What’s Your Basketball Personality?

Using Machine Learning to Redefine NBA Positions

Derek J. Hanson
The Startup
15 min readSep 9, 2020

--

Basketball Court : Photo by sergio souza from Pexels

The game of basketball continues to evolve as time passes. It is hard to imagine, but the game began without dribbling and the three point shot is a ‘modern’ invention many people alive today can remember the introduction of. In addition to formal rule changes, informal trends influence the composition of teams, what skills are valued, and how players play the game. In the ‘sprawlball’ era of today, it is clear that the traditional positions of Center, Forward, and Guard are archaic labels which do little to describe the function of players within the game. Today, a Center might bring the ball up the court (where is the point guard?) and a Guard might rebound better than a Forward. While it might sound like positions should just be thrown out and any player should be expected to perform any action at an elite level, it doesn’t seem we’ve entered into a ‘positionless’ era. If anything players have become more specialized (beyond the five classic positions). As such, articles commonly put forth fresh attempts to define new positions which more accurately describe the various ways players specialize within the game.

Like any game of skill, players play the game differently. In a sense, the loose style of play we recognize players as having (a ‘driving scorer’ or a ‘three point specialist’) are like personalities of play. Each player is more likely to do some things, and less likely to do others than the majority of players. These tendencies are like traits, defining how a player plays the game. We inherently notice some of these easily when watching (e.g., from behind the arc James Harden is likely to try a stepback, while Danny Green is more likely to catch and shoot), but there are likely patterns of play which are not readily visible. For these hidden patterns of play machine learning can be used to mathematically derive these patterns from measured data, grouping players into categories of similar play.

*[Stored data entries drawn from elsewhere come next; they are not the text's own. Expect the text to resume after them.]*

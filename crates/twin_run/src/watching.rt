//! What is seen of a run between its steps: whose step comes next, and what the machine and its memory hold.
ghost use Rattle.std.specs.Prelude.{◌≡◌, IfNone, IfSome, None, Some};
ghost use Rattle.ebc_width.specs.Width.{IsWidth};
ghost use Rattle.host_model.specs.RunState.{RunState};
ghost use Rattle.host_model.specs.World.{World};
ghost use Rattle.note_types.specs.Concrete.{rest_from};
ghost use Rattle.note_types.specs.declared.ending.Ending.TheVariants.{Running};
ghost use Rattle.twin_run.specs.Runner.{IsRunner, Runs, hosts_of};
ghost use Rattle.twin_run.specs.Watching.{has_c, is_hosts_turn};

use crate::runner::{AskedCall, Runner};
use frame_stack::FrameStack;
use note_types::{Notes, Script};

impl<const W: usize> Runner<W> {
    /// Whether the next step of a run that goes on is the host's. Else it is the machine's: an instruction.
    pub fn is_hosts_turn(&self, notes: &Notes, script: &Script) -> bool
        requires runs { Runs W notes.now script.now self.now }
        requires running { self.now.ending ≡ Running }
        ensures { (world : World) (r : RunState) → world.script ≡ script.now → IsRunner W world self.now r →
            result ≡ is_hosts_turn world r }
    {
        if self.machine.ip == self.machine.gate {
            return true;
        }
        if let Some(_) = self.asked {
            return true;
        }
        if self.is_called() {
            return true;
        }
        self.host.due(script, self.done)
    }

    /// The address of the next instruction.
    pub fn ip(&self) -> u64
        ensures { (world : World) (r : RunState) → IsRunner W world self.now r → result ≡ r.machine.ip }
    {
        self.machine.ip
    }

    /// The registers R0 to R7.
    pub fn registers(&self) -> [u64; 8]
        ensures { (world : World) (r : RunState) → IsRunner W world self.now r → result ≡ r.machine.registers }
    {
        self.machine.regs
    }

    /// Whether the flag C is set.
    pub fn has_c(&self) -> bool
        ensures { (world : World) (r : RunState) → IsRunner W world self.now r → result ≡ has_c r.machine }
    {
        self.machine.flags % 2 == 1
    }

    /// The frames of the host, the last one first, and the native call that is asked for in that one until the host accepts it.
    pub fn frames(&self) -> (Option<AskedCall>, &FrameStack)
        ensures { (world : World) (r : RunState) → IsRunner W world self.now r → hosts_of result.0 result.1.now ≡ r.hosts }
    {
        (self.asked, &self.frames)
    }

    /// The bytes from an address to the end of the object that holds it, as they lie: none exactly where no object does.
    pub fn bytes_from(&self, addr: u64) -> Option<&[u8]>
        ensures found { IfSome result (λ bytes. (world : World) (r : RunState) → IsRunner W world self.now r →
            rest_from r.machine addr ≡ Some bytes.now) }
        ensures none { IfNone result ((world : World) (r : RunState) → IsRunner W world self.now r → rest_from r.machine addr ≡ None) }
    {
        self.mem.bytes_from(addr)
    }
}
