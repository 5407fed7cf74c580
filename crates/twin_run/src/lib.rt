//! The two runs of a program, at 4 and at 8 bytes an address: the check whose yes proves that they are the same, and
//! the laws that it rests on. docs/SIMULATION.md has it in words.
//!
//! Promises:
//!
//! - `check`: the verdict on an image under notes, as `width_checker` gives it (`verdict`, `neutral`, `refused`).
//!   `as_one`: where it is neutral, all runs of the image show one behaviour, memory and all, for every script under the
//!   notes, whatever the width, the valid placement and the number of steps, and have raised nothing but a division by
//!   zero (`RunsAsOne`). `alike`: so they are the same at both widths, and hold the same in memory (`SameAtBothWidths`).
//!   The image is one that was read: it is asked to be well formed (`IsImage`) and to have a byte at each place
//!   (`AreBytes`).
//! - `start`: the runner of a run of an image under notes and with a script, all of which were read, at the state
//!   before the first step (`IsRunner`, `run_of`). It fails only where there is no memory; no other call takes any. The
//!   image needn't be one that is checked. It has taken no step (`taken`).
//! - `Runner::step`: from the runner of a run in a state to that in the state after one step (`run_step`), under the
//!   placement that this project takes. The runner counts it, up to 2^64 - 1 (`counted`); a run that ended stays as it
//!   is, with its count (`over`). `Runner::ending`, `Runner::spot` and `Runner::trace`: exactly what that state shows.
//!   `Runner::report`: the same, and how many steps the runner counted.
//! - Between two steps: `Runner::is_hosts_turn`, whether the next one is the host's or the machine's;
//!   `Runner::registers`, `Runner::has_c`, `Runner::ip`, `Runner::bytes_from`: exactly what the machine and its memory
//!   hold in that state.
//!   `Runner::frames`: the host's frames in that state, with the native call that is asked for (`hosts_of`).
//! - What a run of two images on one host asks of a runner beside its steps (docs/PAIRS.md, "The rules"):
//!   `Runner::asked_call`, the call that the host sees asked for, or that it sees none (`place_called`);
//!   `Runner::bound_call`, the call step of a bound call, which leaves the run as it is (`bound_step`), and the frames
//!   but for the slots of the top one (`slots`); `Runner::provider_refused`; `Runner::enter_first`, which enters a
//!   function where none is entered, and `Runner::leave_first`, which leaves the first function where it has returned,
//!   with its result, or tells that the host sees something else (`IsNoFirstReturn`); between the two a runner rests
//!   (`Rests`). `Runner::answer`: the reply of a bound call (`bound_reply`), or how it is refused (`reply_refused`).
//!   `Runner::end`: the run ends so. None of them tells an event or takes memory.
//! - `run`: runs an image at a width until its run ends or for so many steps, and reports how many it took, where the
//!   run then stands, its events and its ending (`IsReport`). The image needs to keep no rule. Of errors it gives want
//!   of memory alone, which `start` may give.
//! - `twin`: runs an image at both widths so, each run to its own report (`at4`, `at8`), and finds the least number of
//!   steps, up to the same limit, after which the two aren't the same (`differ`, as `DifferAt` has it). Where the image
//!   is typed there is none (`same_where_typed`). Both runs go in step while they are the same. Where an instruction
//!   that asks for nothing leads to a place of the image, only the places are compared. After any other step it is all
//!   that the two show, but of the events only the new ones. Once the runs part each goes on by itself.
//! - `machines_follow`: in a typed image the neutral machine is never stuck, and at either width, under every valid
//!   placement, after every number of steps, the run meets the invariant beside it (`MachinesFollow`).
//! - `typed_runs_are_same`: all runs of a typed image show one behaviour (`as_one`). Those at 4 and at 8 bytes are the
//!   same after every number of steps, under all valid placements (`placed`) and so under those that this project takes
//!   (`own`); the least number of steps after which they differ, up to any limit, is none (`never`).
//! - `own_placement_is_valid`: the placement that this project takes is valid at either width, where all objects of the
//!   script take at most 8 MiB with their padding and gaps.
//! - `typed_premises_are_met`: there are an image, notes and a script such as readers give, of which the image is
//!   typed, and whose run comes to each kind of step and finishes.
//! - `cells_tell_more`: there are runs of an image that are the same and don't hold the same in memory.
#![tactic(auto)]

mod bound;
mod comparing;
mod entering;
mod hosting;
mod in_step;
mod instructions;
mod one_run;
mod reports;
mod runner;
mod two_runs;
mod watching;

ghost use Rattle.std.specs.Prelude.{◌≡◌, ◌↔◌, ℕ, IfOk};
ghost use Rattle.note_types.specs.Records.{IsNotes};
ghost use Rattle.note_types.specs.declared.rule.RuleName.{RuleName};
ghost use Rattle.pe_image.specs.Images.{IsImage};
ghost use Rattle.pe_image.specs.Mapped.{AreBytes};
ghost use Rattle.twin_run.specs.Headline.{RunsAsOne, SameAtBothWidths};
ghost use Rattle.twin_run.specs.Met.{CellsTellMore, TypedPremisesAreMet};
ghost use Rattle.twin_run.specs.OwnPlacement.{OwnPlacementIsValid};
ghost use Rattle.twin_run.specs.TypedRuns.{MachinesFollow, OwnTypedRunsAreSame, TypedNeverDiffer, TypedRunsAreSame, TypedRunsAsOne};
ghost use Rattle.width_checker.specs.Typed.{Typed};
ghost use Rattle.width_checker.specs.Verdicts.{IsRefused, IsVerdict};

pub use bound::FirstReturn;
use ebc_base::NoMemory;
use note_types::Notes;
pub use note_types::{Ending, Event, Spot};
pub use one_run::run;
use pe_image::Image;
pub use reports::{RunReport, TwinReport};
pub use runner::{AskedCall, Runner, start};
use std::alloc::Global;
pub use two_runs::twin;
use width_checker::Verdict;

/// The verdict on an image under notes, as `width_checker::check` gives it. Where it is neutral, the runs of the image on the modelled
/// host show one behaviour, memory and all, for every script that is read under the notes, whatever the width, the valid placement and the
/// number of steps. So they are the same at both widths.
///
/// # Errors
///
/// There is no memory for the order of the notes' things.
pub fn check(alloc: Global, image: &Image, notes: &Notes) -> Result<Verdict, NoMemory>
    requires image { IsImage image.now }
    requires bytes { AreBytes image.now }
    requires notes { IsNotes notes.now }
    ensures verdict { IfOk result (IsVerdict image.now notes.now) }
    ensures neutral { IfOk result (λ v. v ≡ Verdict.Neutral ↔ Typed image.now notes.now) }
    ensures refused { IfOk result (λ v. (place : ℕ) (rule : RuleName) →
        v ≡ Verdict.Refused place rule ↔ IsRefused image.now notes.now place rule) }
    ensures as_one { IfOk result (λ v. v ≡ Verdict.Neutral → RunsAsOne image.now notes.now) }
    ensures alike { IfOk result (λ v. v ≡ Verdict.Neutral → SameAtBothWidths image.now notes.now) }
{
    width_checker::check(alloc, image, notes)
}

/// At either width, both machines follow the neutral machine: in an image that meets the typing rules this is never stuck, and after
/// each number of steps the run at that width meets the invariant beside its configuration.
pub fn machines_follow()
    ensures { MachinesFollow }
{}

/// So all runs show one behaviour, memory and all, and raise nothing but a division by zero. The runs at 4 and at 8 bytes are the same
/// after every number of steps: under all valid placements, and so under those that this project takes. Up to no limit is there a number
/// of steps after which they differ.
pub fn typed_runs_are_same()
    ensures as_one { TypedRunsAsOne }
    ensures placed { TypedRunsAreSame }
    ensures own { OwnTypedRunsAreSame }
    ensures never { TypedNeverDiffer }
{}

/// The placement that this project takes is valid at either width, where the image and the notes are as they are read and the
/// objects of the script take at most 8 MiB with their padding and gaps.
pub fn own_placement_is_valid()
    ensures { OwnPlacementIsValid }
{}

/// All that is asked of a typed program holds of one, which comes to each kind of step and finishes: of the driver of docs/NOTES.md
/// with its script.
pub fn typed_premises_are_met()
    ensures { TypedPremisesAreMet }
{}

/// There are two runs of an image, at 4 and at 8 bytes, that are the same and don't hold the same in memory: those of a driver, not typed,
/// that stores the digit of how many bytes an address has into a text, and hands the text to a method.
pub fn cells_tell_more()
    ensures { CellsTellMore }
{}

Prior Research and Proposed Model

This idea is not a new one. Many articles have appeared in the last twenty years with the intention of clustering players according to an algorithm and giving the resulting set of new positions descriptive labels. Articles published from Medium to academic journals have advocated for anywhere from six to thirteen new positions using a variety of features (player statistics) and clustering algorithms. This paper is different.

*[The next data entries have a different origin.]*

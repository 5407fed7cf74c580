//! The instructions of a run (docs/HOST.md, "Runs").
ghost use Rattle.std.specs.Prelude.{◌≡◌, ◌≢◌, ◌+◌, ◌-◌, ◌^◌, ◌<◌, ◌≤◌, ℕ, min, IfSome, IsTrue, Some, None, if◌then◌else◌};
ghost use Rattle.ebc_width.specs.Ranges.{covers};
ghost use Rattle.ebc_width.specs.Width.{IsWidth};
ghost use Rattle.note_types.specs.declared.ending.Ending.TheVariants.{Running};
ghost use Rattle.note_types.specs.declared.script.Script.{Script};
ghost use Rattle.note_types.specs.declared.spot.Spot.TheVariants.{Place};
ghost use Rattle.ebc_machine.specs.States.{concrete_of};
ghost use Rattle.host_model.specs.HostSteps.{call_place, spot_of, thunk_made, thunk_view};
ghost use Rattle.host_model.specs.Placements.{Placement, image_range, own_placement};
ghost use Rattle.host_model.specs.RunState.{RunState};
ghost use Rattle.host_model.specs.Runs.{instruction_step};
ghost use Rattle.host_model.specs.World.{World};
ghost use Rattle.native_host.specs.Kept.{IsOf, placement_of};
ghost use Rattle.twin_run.specs.Runner.{HasDone, IsAt, IsQuiet};

use crate::runner::{AskedCall, Runner};
use ebc_machine::StepEnd;
use native_host::HostStep;
use note_types::{Ending, Notes};

impl<const W: usize> Runner<W> {
    // The place of the image at an address, and none outside the image.
    pub(crate) fn image_place(&self, addr: u64) -> Option<u32>
        ensures { (world : World) (P : Placement) → P.image ≡ (placement_of self.now.host.places).image →
            world.image_size ≡ self.now.image_size →
            result ≡ (if covers addr 1 (image_range world P) then Some (addr - P.image) else None) }
    {
        let base = self.host.image_base();
        let size = self.image_size;
        if base <= addr && addr - base < u64::from(size) {
            Some((addr - base) as u32)
        } else {
            None
        }
    }

    // The place of the image where the run stands: none at the gate and outside the image.
    pub(crate) fn place(&self) -> Option<u32>
        ensures inside { IfSome result (λ place. self.now.machine.ip ≢ self.now.machine.gate) }
        ensures spot { IfSome result (λ place. (world : World) (r : RunState) (d : ℕ) → IsAt W world (record self.now { done = d }) r →
            Place place ≡ spot_of world (own_placement W world) r.machine) }
    {
        if self.machine.ip == self.machine.gate {
            None
        } else {
            self.image_place(self.machine.ip)
        }
    }

    // The place of a call instruction at an address.
    fn call_place(&self, addr: u64) -> u32
        ensures { (world : World) (P : Placement) → P.image ≡ (placement_of self.now.host.places).image →
            world.image_size ≡ self.now.image_size → result ≡ call_place world P addr }
    {
        match self.image_place(addr) {
            Some(place) => place,
            None => 0xFFFF_FFFF,
        }
    }

    // Instructions, at least one and at most so many, until one asks for something or the function is left; how many they were.
    // They are counted together, since the loop is what a run takes its time in.
    pub(crate) fn instructions(&mut self, notes: &Notes, most: u64) -> u64
        requires width { IsWidth W }
        requires notes { IsOf W notes.now self.old.host.places }
        requires some { 0 < most }
        requires inside { self.old.machine.ip ≢ self.old.machine.gate }
        ensures done { HasDone W notes.now most self.old self.new result }
        ensures some { 0 < result }
        ensures most { result ≤ most }
    {
        let mut left = most;
        let mut next = true;
        while next && left > 0 && self.machine.ip != self.machine.gate {
            next = self.instruction(notes);
            left -= 1;
        }
        let taken = most - left;
        self.done = self.done.saturating_add(taken);
        taken
    }

    // One instruction, which is still to be counted; whether it asks for nothing. Each loop over instructions holds it, so none makes
    // a call for it.
    #[inline(always)]
    pub(crate) fn instruction(&mut self, notes: &Notes) -> bool
        requires width { IsWidth W }
        requires notes { IsOf W notes.now self.old.host.places }
        ensures at { (world : World) (r : RunState) (d : ℕ) → world.notes ≡ notes.now → IsAt W world (record self.old { done = d }) r →
            IsAt W world (record self.new { done = min (d + 1) (2 ^ 64 - 1) }) (instruction_step W world (own_placement W world) r) }
        ensures next { IsTrue result → self.new ≡ record self.old { machine = self.new.machine; mem = self.new.mem } }
        ensures done { self.new.done ≡ self.old.done }
        ensures trace { self.new.host.trace ≡ self.old.host.trace }
        ensures quiet { (script : Script) → IsQuiet script self.old → IsQuiet script self.new }
    {
        let ip = self.machine.ip;
        match self.machine.step(&mut self.mem) {
            StepEnd::Next => return true,
            StepEnd::Native(target) => {
                let place = self.call_place(ip);
                self.asked = Some(AskedCall { place, target });
                self.quiet = 0;
            }
            StepEnd::Gate => {}
            StepEnd::MakeThunk(addr) => self.serve_thunk(notes, ip, addr),
            StepEnd::Raised(exception) => self.ending = Ending::Raised(exception),
        }
        false
    }

    // Serves the thunk cell at an address for an instruction that is done, which stood at `ip`; the machine is as it was before
    // where the cell isn't mapped.
    fn serve_thunk(&mut self, notes: &Notes, ip: u64, addr: u64)
        requires width { IsWidth W }
        requires notes { IsOf W notes.now self.old.host.places }
        ensures at { (world : World) (r : RunState) (d : ℕ) → world.notes ≡ notes.now →
            r.machine ≡ concrete_of (record self.old.machine { ip = ip }) self.old.mem →
            IsAt W world (record self.old { done = d }) (record r { machine = concrete_of self.old.machine self.old.mem }) →
            IsAt W world (record self.new { done = d })
            (thunk_made W world (own_placement W world) r (concrete_of self.old.machine self.old.mem) addr
            (thunk_view world (own_placement W world) (concrete_of self.old.machine self.old.mem) addr)) }
        ensures done { self.new.done ≡ self.old.done }
        ensures trace { self.new.host.trace ≡ self.old.host.trace }
        ensures quiet { (script : Script) → IsQuiet script self.old → IsQuiet script self.new }
    {
        match self.host.make_thunk(notes, &mut self.mem, addr) {
            HostStep::Mismatch(reason) => self.ending = Ending::Mismatch(reason),
            HostStep::Raised(exception) => {
                self.machine.ip = ip;
                self.ending = Ending::Raised(exception);
            }
            _ => {}
        }
    }
}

First, most previous research has utilized PCA (principal components analysis) followed by k-means clustering, a machine learning algorithm which forces each observation into a single class. However, this method is not probabilisitic, so one cannot easily use the results to predict the position of new observations. It is a one-shot description of the past. Alternatively, this paper utilizes the power of probabilistic mixture models (a Gaussian Mixture Model, to be precise). A GMM can model non-linear relationships well and provides a class estimate (probability of class membership) for each class for each player. Thus, it outputs the likelihood that a player fits each new position (e.g., how similar is LeBron to other players in this group?). A GMM also gives estimated parameters for each class (so the model can be used to give position estimates for future data). Thus, when looking at draft prospects (or a potential trade/free agent signing) a player’s stats can be fed into the model and estimated class probabilities would be given. This could dramatically change how teams are composed, helping general managers better understand how a new player will ‘fit’ with the others.

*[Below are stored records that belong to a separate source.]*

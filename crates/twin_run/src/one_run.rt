//! One run of an image.
ghost use Rattle.std.specs.Prelude.{◌≡◌, ◌↔◌, ℕ, IfOk, IsTrue};
ghost use Rattle.ebc_width.specs.Width.{IsWidth};
ghost use Rattle.host_model.specs.RunState.{RunState};
ghost use Rattle.host_model.specs.Runs.{world_of};
ghost use Rattle.host_model.specs.Scripts.{IsScript};
ghost use Rattle.host_model.specs.World.{World};
ghost use Rattle.note_types.specs.Records.{IsNotes};
ghost use Rattle.note_types.specs.declared.ending.Ending.TheVariants.{Running};
ghost use Rattle.pe_image.specs.Images.{IsImage};
ghost use Rattle.pe_image.specs.Mapped.{AreBytes};
ghost use Rattle.pe_image.specs.declared.image.Image.{Image};
ghost use Rattle.twin_run.specs.OnItsWay.{IsOnItsWay};
ghost use Rattle.twin_run.specs.Reported.{IsReport};
ghost use Rattle.twin_run.specs.Runner.{IsRunner, Runs};

use crate::reports::RunReport;
use crate::runner::{Runner, start};
use ebc_base::NoMemory;
use note_types::{Notes, Script};
use pe_image::Image;
use std::alloc::Global;

/// Whether the run of a runner goes on.
pub fn goes_on<const W: usize>(runner: &Runner<W>) -> bool
    ensures { (world : World) (r : RunState) → IsRunner W world runner.now r → IsTrue result ↔ (r.ending ≡ Running) }
{
    runner.is_running()
}

/// The report of a runner that goes on until its run ends or it has taken so many steps.
pub fn finish<const W: usize>(
    mut runner: Runner<W>,
    notes: &Notes,
    script: &Script,
    limit: u64,
) -> RunReport
    requires width { IsWidth W }
    requires runs { Runs W notes.now script.now runner }
    ensures report { (image : Image) (world : World) (taken : ℕ) → world.notes ≡ notes.now → world.script ≡ script.now
        → IsOnItsWay W image world limit taken runner.entry → IsReport W image world limit result }
{
    while runner.taken < limit && goes_on(&runner) {
        let left = limit - runner.taken;
        runner.steps(notes, script, left);
    }
    runner.report()
}

/// Runs an image at `W` bytes an address, 4 or 8, under notes and with a script, until the run ends or for so many steps. The image
/// needs to keep no rule of docs/RULES.md.
///
/// # Errors
///
/// There is no memory for the run.
pub fn run<const W: usize>(
    alloc: Global,
    image: &Image,
    notes: &Notes,
    script: &Script,
    steps: u64,
) -> Result<RunReport, NoMemory>
    requires width { IsWidth W }
    requires image { IsImage image.now }
    requires bytes { AreBytes image.now }
    requires notes { IsNotes notes.now }
    requires script { IsScript notes.now script.now }
    ensures report { IfOk result (IsReport W image.now (world_of image.now notes.now script.now) steps) }
{
    let runner = start::<W>(alloc, image, notes, script)?;
    Ok(finish(runner, notes, script, steps))
}
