ghost use Rattle.std.specs.Prelude.{◌≡◌, ◌<◌, ◌≤◌, ◌^◌, IfErr, IfOk, IsTrue, OnOk, Some, not, slice_get};
ghost use Rattle.std.specs.Bool.{OnFalse, OnTrue};
ghost use Rattle.std.specs.List.Sorted.{IsStrictlyIncreasing};
ghost use Rattle.rules_base.specs.FirstRule.{IsFirst};
ghost use Rattle.rules_flow.specs.Steps.{FitsStep, successors_of};
ghost use Rattle.rules_flow.specs.Narrowing.{narrow};
ghost use Rattle.rules_flow.specs.Successors.{falls, parts};
ghost use Rattle.rules_image.specs.Images.{IsDecoded};
ghost use Rattle.rules_image.specs.Tables.{IsCodeOf};
ghost use Rattle.note_infer.specs.PointStates.{AreFound};
ghost use Rattle.note_infer.specs.Refusing.{OnClash, OnRule};
ghost use Rattle.note_infer.specs.Rounds.{Begins, FailsIn, States, given};
ghost use Rattle.note_infer.specs.Coming.{ClashesAt, IsComing, Takes, state_at};
ghost use Rattle.note_infer.specs.Passing.{HasPassed, IsSetting, Passes, Steps};
ghost use Rattle.note_infer.specs.Reaching.{Reached};
ghost use Rattle.note_infer.specs.Stopping.{IsEnd};
ghost use Rattle.note_infer.specs.declared.walk.Failure.TheVariants as failures;
ghost use Rattle.note_infer.specs.Turns.{FitsFall, FitsTurn, after_turn, fall_to, fallen};

use crate::coming::{Coming, NotTaken, is_leader};
use crate::marks::has_no_point;
use crate::rounds::NotFound;
use crate::turns::{Fall, Turn, turn_of};
use ebc_base::NoMemory;
use ebc_decode::decode;
use ebc_insn::Insn;
use note_types::{CompactState, FnNote, Notes, RuleName, State};
use pe_image::Image;
use rules_base::Here;
use rules_flow::{Step, narrow};
use rules_image::{code_of, ends_within, first_reloc, relocation};
use std::alloc::Global;

/// A walk through a function: an image under notes, the same notes with the leaders as points, the leaders, the function and its
/// number.
#[derive(Clone, Copy)]
pub(crate) struct Walk<'a> {
    pub image: &'a Image,
    pub notes: &'a Notes,
    pub marked: &'a Notes,
    pub leaders: &'a [u32],
    pub func: u32,
    pub f: &'a FnNote,
}

/// Where a rule fails: the place, the rule, and the state there.
#[derive(Drop)]
pub(crate) struct Stop {
    pub place: u32,
    pub rule: RuleName,
    pub state: CompactState,
}

/// Why an instruction isn't passed: there is no memory, or a rule fails.
#[derive(Clone, Copy)]
pub(crate) enum Failure {
    NoMemory,
    Rule(RuleName),
}

impl From<NoMemory> for Failure {
    ghost from_gives = { λ _ e. e ≡ failures.NoMemory };

    fn from(_: NoMemory) -> Self {
        Failure::NoMemory
    }
}

impl From<RuleName> for Failure {
    ghost from_gives = { λ rule e. e ≡ failures.Rule rule };

    fn from(rule: RuleName) -> Self {
        Failure::Rule(rule)
    }
}

// Where a rule fails, with a copy of the state there.
fn stop_at(alloc: Global, place: u32, rule: RuleName, state: &State) -> Result<Stop, NoMemory>
    ensures { IfOk result (λ stop. stop ≡ record { place = place; rule = rule; state = state.now }) }
{
    Ok(Stop {
        place,
        rule,
        state: CompactState::new(alloc, state)?,
    })
}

Second, previous research utilizes a limited number of features (statistics) and is overly dependent upon traditional box score metrics. With advanced player tracking software keeping tabs on player and ball movements we now have available new metrics which measure how players interact and play the game, why not use them? As long as features provide additional information which can explain variation, and are not overly correlated with one another, they can help us find differences in style of play not otherwise noticeable to the human eye (or too mundane for us to actively track, like screens leading to made field goals). This paper incorporates a much larger feature set than previous research, while maintaining the integrity of each feature (metrics are not combined) to aid in understanding the patterns the model produces.

So, instead of another simple descriptive attempt to redefine player positions from past seasons this paper provides a coherent set of new positions which can be easily understood in terms of their differences (what players in the class do more/less often than others) and can be used to predict class membership with new data.

Methodology

Data were compiled from NBA.com regular-season totals for the most recent five seasons (2015–16 through 2019–20) on 150 player-level variables. Statistics were converted to comparable metrics (per 36 minutes) to allow for even comparisons across different usage levels. To prevent those with limited minutes from muddling the data, only players appearing in at least 10 games and averaging a minimum of 5 minutes per game were kept. These preprocessing steps led to a final dataset used for analysis containing 2,234 observations.

Unique to this study is the sheer breadth of this feature set. Variables are included which measure both ends of the floor (offense, defense), movement (distance, speed), location (where shots take place, where defense takes place), passing (passes sent, passes received), possession (time with the ball), hustle (deflections, loose ball recoveries), and more. The inclusion of nearly 50 features more than many previous analyses allows for a finer-grained system of defining how players actually play the game. By including location and movement data, the true style of play can be envisioned in more detail than traditional box score metrics (rebounds, assists, etc.) can provide.

To reduce the feature set (many of the 150 features are essentially redundant), a correlation matrix was constructed and variables with correlations greater than |.8| were examined in greater detail. Variables which were essentially duplicate features were dropped (e.g. player height and player weight are strongly correlated; keeping just player height keeps this predictive information in the model and reduces multicollinearity amongst features). Trimming features through this step, and the application of human intuition (knowledge of how the game is played and whether a variable might be useful), left a final set of 80 features.

The 80 features used to estimate position profiles.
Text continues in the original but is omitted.